The cable cars in San Francisco have made their mark on not just the city, but pop culture as well. Learn how to ride these moving national historic landmarks.
There is nothing quite like riding a cable car up and down the hills of San Francisco. While they symbolize the early innovation that made the city iconic, the experience of riding a cable car is timeless. The cable car experience starts while waiting at the cable car turnarounds (at Powell or California and Market Streets) or along the routes, waiting for the cable cars to approach. Once you hop on the cable car, you can either find a seat or hold on to the handles as you hang on for the ride. The cable car gripmen handle the grips to move the cars. And let's not forget about the cable car bell ringing. You can hear it from blocks away. It's used to get the attention of intersecting traffic.

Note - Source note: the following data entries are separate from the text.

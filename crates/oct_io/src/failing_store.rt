//! Files in memory, of which chosen loads and saves fail.
ghost use Rattle.std.specs.Prelude.{◌≡◌, Some, Err, IfOk, IsErrOf, OnErr, OnOk, option_copied};
ghost use Rattle.std.specs.Prelude.{true};
ghost use Rattle.oct_io.specs.Counts.{IsAskCounted};
ghost use Rattle.oct_io.specs.Failing.{fails_next, with_call, failed_of};

use crate::calls::{Calls, KeptList};
use crate::memory_store::MemoryStore;
use crate::store::{Loaded, Store, StoreFault};
use std::alloc::Global;

/// Files in memory, where the loads and saves of some numbers fail. They are counted together.
#[derive(Drop)]
pub struct FailingStore {
    shelf: MemoryStore,
    calls: Calls,
}

impl FailingStore {
    ghost use Rattle.oct_io.specs.MemoryFiles.{files_of};
    ghost use Rattle.oct_io.specs.Files.{no_files};

    /// A store with no files. The calls that fail are those whose numbers, from 1 on, are in
    /// `fails`.
    pub fn new(alloc: Global, fails: KeptList) -> Self
        ensures files { files_of result.shelf ≡ no_files }
        ensures calls { result.calls ≡ record { fails = fails; count = 0 } }
    {
        FailingStore {
            shelf: MemoryStore::new(alloc),
            calls: Calls::new(fails),
        }
    }

    /// The bytes of the file of this name, or `None` where there is no such file.
    pub fn file(&self, name: &str) -> Option<&[u8]>
        ensures { option_copied result ≡ files_of self.now.shelf name.now }
    {
        self.shelf.file(name)
    }
}

impl Store for FailingStore {
    ghost use Rattle.oct_io.specs.MemoryFiles.{files_of};
    ghost use Rattle.oct_io.specs.Files.{KeepsOthers, with_file};
    ghost use Rattle.oct_io.specs.Loaded.{loaded_of, IsWithinLimit, TakesMemory};

    ghost files = { λ s. Some (files_of s.shelf) };

    ghost faults = { λ s. failed_of s.calls };

    ghost calls = { λ s. s.calls.count };

    ghost tells_bytes = { λ s. s.shelf.bytes };

    fn load(&mut self, alloc: Global, name: &str) -> Result<Loaded, StoreFault>
        ensures fails { IsErrOf result StoreFault.Failed → fails_next self.old.calls ≡ true }
        ensures fails_so { fails_next self.old.calls ≡ true → result ≡ Err StoreFault.Failed }
        ensures counted { self.new.calls ≡ with_call self.old.calls }
        ensures same { files_of self.new.shelf ≡ files_of self.old.shelf }
        ensures found { IfOk result
            (λ loaded. loaded ≡ loaded_of (files_of self.old.shelf name.now)) }
        ensures limit { IfOk result IsWithinLimit }

        // Memory runs out only over the bytes that it answers.
        ensures memory { IsErrOf result StoreFault.Memory
            → TakesMemory (files_of self.old.shelf name.now) }
        ensures counts { IsAskCounted result
            (failed_of self.old.calls) (failed_of self.new.calls) }
    {
        if self.calls.next_fails() {
            return Err(StoreFault::Failed);
        }
        self.shelf.load(alloc, name)
    }

    /// After an error all files are as they were.
    fn save(&mut self, name: &str, bytes: &[u8]) -> Result<(), StoreFault>
        ensures fails { IsErrOf result StoreFault.Failed → fails_next self.old.calls ≡ true }
        ensures fails_so { fails_next self.old.calls ≡ true → result ≡ Err StoreFault.Failed }
        ensures counted { self.new.calls ≡ with_call self.old.calls }
        ensures left { OnErr result (files_of self.new.shelf ≡ files_of self.old.shelf) }
        ensures saved { OnOk result
            (files_of self.new.shelf ≡ with_file (files_of self.old.shelf) name.now bytes.now) }
        ensures others { OnErr result (KeepsOthers (Some (files_of self.old.shelf))
            (Some (files_of self.new.shelf)) name.now) }
        ensures counts { IsAskCounted result
            (failed_of self.old.calls) (failed_of self.new.calls) }
    {
        if self.calls.next_fails() {
            return Err(StoreFault::Failed);
        }
        self.shelf.save(name, bytes)
    }
}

The cable cars are the world's last manually operated cable car system, a tramway whose cars are pulled along by cables embedded in the street. These right-out-of-the-Smithsonian cable cars were named a national historic landmark in 1964. Refurbished and equipped with new tracks, cables, turnarounds and cable propulsion machinery, they operate much as they did on Aug. 2, 1873 when Andrew S. Hallidie guided the first car down Clay Street.
Hours of operations for the cable cars are 7 a.m. to 10:30 p.m., Monday through Sunday.